— WORK TO COMPLETE —
Each line below that contains the word "bool" must be copied.

Saved entries:
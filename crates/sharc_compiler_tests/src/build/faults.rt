//! What is built of a source with a fault.

use sharc_build::{BuildFault, build};
use sharc_report::SourceFault;
use std::process::Abort;
use std::test::Fail;

/// Cases, each what is found at fault, and a source.
const SOURCES: &str = "\
nothing int main(void) { return 0; }
lexer int f(void) { nope(); } ) @
parser int f(void) { nope(); } )
typing int main(void) { print(y); return 0; }
modes int main(void) { int private * p = NULL; int dynamic * d = p; return 0; }
";

/// What is at fault in a source.
fn fault_of(rt: &(impl Abort + AllocGlobal), source: &str) -> &'static str {
    assert!(rt; source.len() <= 1_048_576);
    match build(rt.alloc(), source.as_bytes()) {
        Ok(_) => "nothing",
        Err(BuildFault::Source(SourceFault::Lexer(_))) => "lexer",
        Err(BuildFault::Source(SourceFault::Parser(_))) => "parser",
        Err(BuildFault::Source(SourceFault::Typing(_))) => "typing",
        Err(BuildFault::Modes(..)) => "modes",
        Err(BuildFault::Memory) => "memory",
    }
}

/// The first stage that has a fault reports it.
#[test]
fn the_first_stage_with_a_fault(rt: HostRuntime) -> Result<(), Fail> {
    for case in SOURCES.lines() {
        match case.split_once(" ") {
            None => panic!(rt; "no case: {case}"),
            Some((wanted, source)) => assert_eq!(rt; fault_of(&rt, source), wanted, "{source}"),
        }
    }
    Ok(())
}
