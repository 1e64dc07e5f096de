// A reader that holds the text and its own place (document 01, "What must change shape"): thin functions over `step_at` and `end_at`.
// Kept: a place in the text, of which its theorems speak.
#![tactic(auto)]

ghost use Rattle.std.specs.Prelude.{◌≡◌};
ghost use Rattle.reader_walk.specs.Steps.{step_at, end_at};

use lexer::lexeme::lexeme_at;

#[derive(Clone, Copy)]
pub struct Reader<'a> {
    pub text: &'a [u8],
    pub at: usize,
}

// What stands at a place of the text. Kept: three ways, of which its theorems speak.
#[derive(Clone, Copy)]
pub enum Step {
    // a lexeme: its kind, and the place past it
    Lexeme(u32, usize),
    // a reference that the lexer refuses
    Bad,
    End,
}

#[tactic(auto, unfolding(crate::specs::Steps::step_at, crate::specs::Steps::told, rules::specs::Bytes::pick, lexer::specs::Pieces::shown))]
pub fn step_at(s: &[u8], at: usize) -> Step
    ensures { result ≡ step_at s.now at }
{
    if s.len() <= at {
        return Step::End;
    }
    match lexeme_at(s, at) {
        Ok(piece) => Step::Lexeme(piece.kind as u32, piece.next),
        Err(_) => Step::Bad,
    }
}

// The place past what stands there; where nothing can be passed, the same place.
#[tactic(auto, unfolding(crate::specs::Steps::end_at, crate::specs::Steps::end_of))]
pub fn end_at(s: &[u8], at: usize) -> usize
    ensures { result ≡ end_at s.now at }
{
    match step_at(s, at) {
        Step::Lexeme(_, next) => next,
        Step::Bad | Step::End => at,
    }
}

pub fn new<'a>(text: &'a [u8]) -> Reader<'a>
    ensures same_text { result.text ≡ text.entry }
    ensures at_start { result.at ≡ 0 }
{
    Reader { text, at: 0 }
}

pub fn at<'a>(r: Reader<'a>) -> usize
    ensures { result ≡ r.entry.at }
{
    r.at
}

pub fn peek<'a>(r: Reader<'a>) -> Step
    ensures { result ≡ step_at r.entry.text.now r.entry.at }
{
    step_at(r.text, r.at)
}

// The reader past what it shows.
pub fn after<'a>(r: Reader<'a>) -> Reader<'a>
    ensures same_text { result.text ≡ r.entry.text }
    ensures past { result.at ≡ end_at r.entry.text.now r.entry.at }
{
    Reader {
        at: end_at(r.text, r.at),
        ..r
    }
}

// The first lexeme of a text, through a reader.
pub fn first(s: &[u8]) -> Step
    ensures { result ≡ step_at s.now 0 }
{
    peek(new(s))
}
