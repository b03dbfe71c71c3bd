// The four changes of the map, in place: a member joins, a round is added, a round leaves, a member leaves. No copy of the map is made, and no
// function has a premise on what the arrays hold: a place past the end of an array changes nothing there.

#![tactic(auto)]

ghost use Rattle.std.specs.Prelude.{◌≡◌};
ghost use Rattle.steps.specs.State.{counting};
ghost use Rattle.links.specs.Stores.{spot};
ghost use Rattle.multimap.specs.Changes.{with_member, with_round, without_round, Parted, Left};

use index::KeyPlace;
use links::Place;
use multimap::{ListOrderedMultimap, MEMBERS, ROUNDS, ValuePlace};

// Lets the member k join at the back, with no round yet; `at` is where the search for it in the index ended. The answer is its place.
pub fn join(map: &mut ListOrderedMultimap, k: u64, at: usize) -> KeyPlace
    ensures { (result ≡ spot map.old.members) × (map.new ≡ with_member map.old k at) }
{
    let key = links::take(&map.next_key, &mut map.members);
    let cell = multimap::base(key);
    links::link(
        &mut map.next_key,
        &mut map.previous_key,
        KeyPlace::new(MEMBERS),
        key,
    );
    links::put(&mut map.keys, key.index(), k);
    links::put(&mut map.lengths, key.index(), 0);
    links::put(&mut map.next_index, cell.index(), cell);
    links::put(&mut map.previous_index, cell.index(), cell);
    index::insert(&mut map.index, at, key);
    key
}

// Adds the round v of the member place `key` at the back, and counts it for the poster; a number that is no poster's counts nowhere.
pub fn add(map: &mut ListOrderedMultimap, poster: u64, key: KeyPlace, v: u64)
    ensures { map.new ≡ with_round map.old poster key v }
{
    let x = links::take(&map.next_value, &mut map.rounds);
    let cell = multimap::base(key);
    links::link(
        &mut map.next_value,
        &mut map.previous_value,
        ValuePlace::new(ROUNDS),
        x,
    );
    links::link(&mut map.next_index, &mut map.previous_index, cell, x);
    links::put(&mut map.values, x.index(), v);
    links::put(&mut map.key_index, x.index(), key);
    let size = map.size(key);
    links::put(&mut map.lengths, key.index(), links::one_more(size));
    count(&mut map.taken, poster);
}

// Takes the round in the place x out of the list of rounds and of its member's chain; its place is free.
pub fn strike(map: &mut ListOrderedMultimap, x: ValuePlace)
    ensures { map.new ≡ without_round map.old x }
{
    links::unlink(&mut map.next_value, &mut map.previous_value, x);
    links::release(&mut map.next_value, &mut map.rounds, x);
    links::unlink(&mut map.next_index, &mut map.previous_index, x);
    let key = map.owner(x);
    let size = map.size(key);
    links::put(&mut map.lengths, key.index(), links::one_less(size));
}

// Takes the member in the place `key` out of the list of members and of the index; its place is free.
pub fn part(map: &mut ListOrderedMultimap, key: KeyPlace)
    ensures { Parted map.old key map.new }
{
    let member = map.member(key);
    index::remove(&mut map.index, &map.keys, member);
    links::unlink(&mut map.next_key, &mut map.previous_key, key);
    links::release(&mut map.next_key, &mut map.members, key);
}

// Takes the round in the place x out, and its member with it where that has no other round, which is the answer.
pub fn leave(map: &mut ListOrderedMultimap, x: ValuePlace) -> bool
    ensures { Left map.old x result map.new }
{
    let key = map.owner(x);
    let n = map.size(key);
    strike(map, x);
    if 1 < n {
        return false;
    }
    part(map, key);
    true
}

// Counts one more round of the poster, up to the ceiling.
fn count(taken: &mut [u32; 16], poster: u64)
    ensures { taken.new ≡ counting poster taken.old }
{
    let p = poster as usize;
    if p < taken.len() {
        taken[p] = taken[p].saturating_add(1);
    }
}
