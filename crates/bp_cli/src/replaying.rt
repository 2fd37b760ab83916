//! Logs that are replayed.
ghost use Rattle.std.specs.Prelude.{[], Some};
ghost use Rattle.bp_args.specs.declared.command.Command.TheVariants as command;
ghost use Rattle.bp_cli.specs.Asking.{AsksIn};
ghost use Rattle.bp_cli.specs.Endings.{EndsIn};
ghost use Rattle.bp_cli.specs.Outside.{outside, NeverFalls};

use crate::conclusion::Conclusion;
use bp_base::{Sink, World};
use bp_replay::{Replayed, replay};
use js_data::Text;
use std::alloc::Global;

/// Replays the log of that name, and prints its run as far as the log is one.
pub(crate) fn replay_log<W: World, K: Sink>(
    alloc: Global,
    name: &Text,
    world: &mut W,
    out: &mut K,
) -> Conclusion
    ensures ends { let seen = outside W.holds W.asked W.read_faults W.write_faults
        K.written K.faults in EndsIn (Some (command.Replay name.now)) []
        (seen world.old out.old) (seen world.new out.new) result }
    ensures asks { AsksIn (Some (command.Replay name.now))
        (W.asked world.old) (W.asked world.new) result }
    ensures counts { let seen = outside W.holds W.asked W.read_faults W.write_faults
        K.written K.faults in NeverFalls (seen world.old out.old) (seen world.new out.new) }
{
    let input = match world.open(name.as_str()) {
        Ok(input) => input,
        Err(error) => return Conclusion::unopened(error),
    };
    let Replayed { ended, log } = replay(alloc, input, out);
    world.close_input(log);
    Conclusion::of_replay(ended)
}
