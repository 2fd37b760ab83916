//! The run of the large program, which the command measures.
ghost use Rattle.std.specs.Prelude.{◌≡◌, ◌==◌, ◌≤◌, ◌++◌, Some, IfOk, IsSome, codes, count_by, decimal, string_bytes};
ghost use mathlib.Core.List.{IsPrefix};
ghost use Rattle.bp_code.specs.Code.{records_alone, text_alone};
ghost use Rattle.bp_log.specs.Options.{default_options};
ghost use Rattle.bp_args.specs.declared.command.Command.TheVariants as command;
ghost use Rattle.bp_cli.specs.inner.Outcomes.{ended_of};
ghost use Rattle.bp_cli.specs.Endings.{EndsIn};
ghost use Rattle.bp_cli.specs.Large.{is_selection as selects, large_line, IsOneRun};
ghost use Rattle.bp_cli.specs.inner.Measured.{IsPrintedWhole, printing};
ghost use Rattle.bp_cli.specs.Outside.{Outside};

use crate::conclusion::Conclusion;
use crate::ended::Ended;
use bp_base::{MemorySink, MemorySource, Sink, write_all};
use bp_large::large_program;
use bp_log::{Header, Memory, Options, Parallelism, Record};
use bp_session::{Ending, Report, Session};
use js_program::Program;
use std::alloc::Global;
use std::sync::Wait;
use std::thread::Threads;
use std::time::Clock;

/// Room for the text of the largest run, in bytes.
const ROOM: u64 = 400_000;

/// Whether an event was selected.
fn is_selection(entry: &Record) -> bool
    ensures { result ≡ selects entry.now }
{
    matches!(entry, Record::Sel(_))
}

/// How many events were selected.
fn selections(records: &[Record]) -> usize
    ensures { result ≡ count_by selects records.now }
{
    let mut count = 0;
    for entry in records {
        if is_selection(entry) {
            count += 1;
        }
    }
    count
}

/// How many lines the text has.
fn newlines(text: &[u8]) -> usize
    ensures { result ≡ count_by (λ byte. byte == 10) text.now }
{
    text.iter().filter(|byte| **byte == b'\n').count()
}

/// How many lines and how many bytes.
fn sizes_of(alloc: Global, lines: usize, bytes: usize) -> Result<String, Memory>
    ensures { IfOk result
        (λ s. string_bytes s ≡ decimal lines ++ (codes " bytes " ++ (decimal bytes ++ codes "\n"))) }
{
    format!(in alloc; "{lines} bytes {bytes}\n")
}

/// The line of a run of the program of this many b-threads.
#[tactic(auto, unfolding(crate::specs::Large::large_line))]
fn line_of(alloc: Global, count: u32, records: &[Record], text: &[u8]) -> Result<String, Memory>
    ensures { IfOk result (λ s. string_bytes s ≡ large_line count records.now text.now) }
{
    let events = selections(records);
    let sizes = sizes_of(alloc, newlines(text), text.len())?;
    let sizes = sizes.as_str();
    format!(in alloc; "large {count} events {events} lines {sizes}")
}

/// Runs the program under the default options, and keeps its text: what its run came to, and the
/// text. If there is no room for the text, the run ends as if its output had failed.
fn run_aside<R: Threads + Wait + Sync + Clock>(
    rt: &R,
    alloc: Global,
    program: Program,
) -> Result<(Report, MemorySink), Memory>
    ensures begins { IfOk result
        (λ p. IsPrefix p.0.records (records_alone program default_options)) }
    ensures one_run { IfOk result (λ p. IsOneRun program p.0.records (ended_of p.0.end)) }
    ensures story { IsSome (text_alone program default_options) }
    ensures text { IfOk result
        (λ p. IsPrintedWhole program p.1.written (ended_of p.0.end)) }
{
    let mut sink = MemorySink::new(alloc, ROOM, Vec::new(alloc))?;
    let Some(header) = Header::new(Options::defaults(), Vec::new(alloc)) else {
        unreachable!()
    };
    let inputs: Vec<MemorySource> = Vec::new(alloc);
    let mut log: Option<MemorySink> = None;
    let parallelism = Parallelism::defaults();
    let out = &mut sink;
    let (report, _) = Session::run(
        rt,
        alloc,
        program,
        &header,
        parallelism,
        inputs,
        out,
        &mut log,
    );
    Ok((report, sink))
}

/// Runs the program of this many b-threads, and prints one line on what its run comes to.
pub(crate) fn measure_large<R: Threads + Wait + Sync + Clock, K: Sink>(
    rt: &R,
    alloc: Global,
    count: u32,
    out: &mut K,
) -> Ended
    ensures ends { (o : Outside) → EndsIn (Some (command.Large count)) result.records
        (printing o (K.written out.old) (K.faults out.old))
        (printing o (K.written out.new) (K.faults out.new)) result.conclusion }
    ensures counts { K.faults out.old ≤ K.faults out.new }
{
    let Ok(program) = large_program(alloc, count) else {
        return Ended::without_run(alloc, Conclusion::NoMemory);
    };
    let Ok((report, text)) = run_aside(rt, alloc, program) else {
        return Ended::without_run(alloc, Conclusion::NoMemory);
    };
    let Report { end, records } = report;
    let Ending::Verdict(verdict) = end else {
        return Ended {
            conclusion: Conclusion::NoMemory,
            records,
        };
    };
    let Ok(line) = line_of(alloc, count, records.as_slice(), text.written()) else {
        return Ended {
            conclusion: Conclusion::NoMemory,
            records,
        };
    };
    let conclusion = match write_all(out, line.as_str().as_bytes()) {
        Ok(()) => Conclusion::Ran(verdict),
        Err(_) => Conclusion::NotWritten,
    };
    Ended {
        conclusion,
        records,
    }
}
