//! Logs that are migrated.
ghost use Rattle.std.specs.Prelude.{[], Some};
ghost use Rattle.bp_args.specs.declared.command.Command.TheVariants as command;
ghost use Rattle.bp_cli.specs.Asking.{AsksIn};
ghost use Rattle.bp_cli.specs.Endings.{EndsIn};
ghost use Rattle.bp_cli.specs.Outside.{outside, NeverFalls};

use crate::conclusion::Conclusion;
use bp_base::{Sink, World};
use bp_migrate::{Migrated, migrate};
use js_data::Text;
use std::alloc::Global;

/// Prints the log of that name in the second version, as far as it is a log.
pub(crate) fn migrate_log<W: World, K: Sink>(
    alloc: Global,
    name: &Text,
    world: &mut W,
    out: &mut K,
) -> Conclusion
    ensures ends { let seen = outside W.holds W.asked W.read_faults W.write_faults
        K.written K.faults in EndsIn (Some (command.Migrate name.now)) []
        (seen world.old out.old) (seen world.new out.new) result }
    ensures asks { AsksIn (Some (command.Migrate name.now))
        (W.asked world.old) (W.asked world.new) result }
    ensures counts { let seen = outside W.holds W.asked W.read_faults W.write_faults
        K.written K.faults in NeverFalls (seen world.old out.old) (seen world.new out.new) }
{
    let input = match world.open(name.as_str()) {
        Ok(input) => input,
        Err(error) => return Conclusion::unopened(error),
    };
    let Migrated { ended, log } = migrate(alloc, input, out);
    world.close_input(log);
    Conclusion::of_migration(ended)
}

— SOLVED PROBLEM —
pub fn leave(map: &mut ListOrderedMultimap, x: ValuePlace) -> bool
fn is_selection(entry: &Record) -> bool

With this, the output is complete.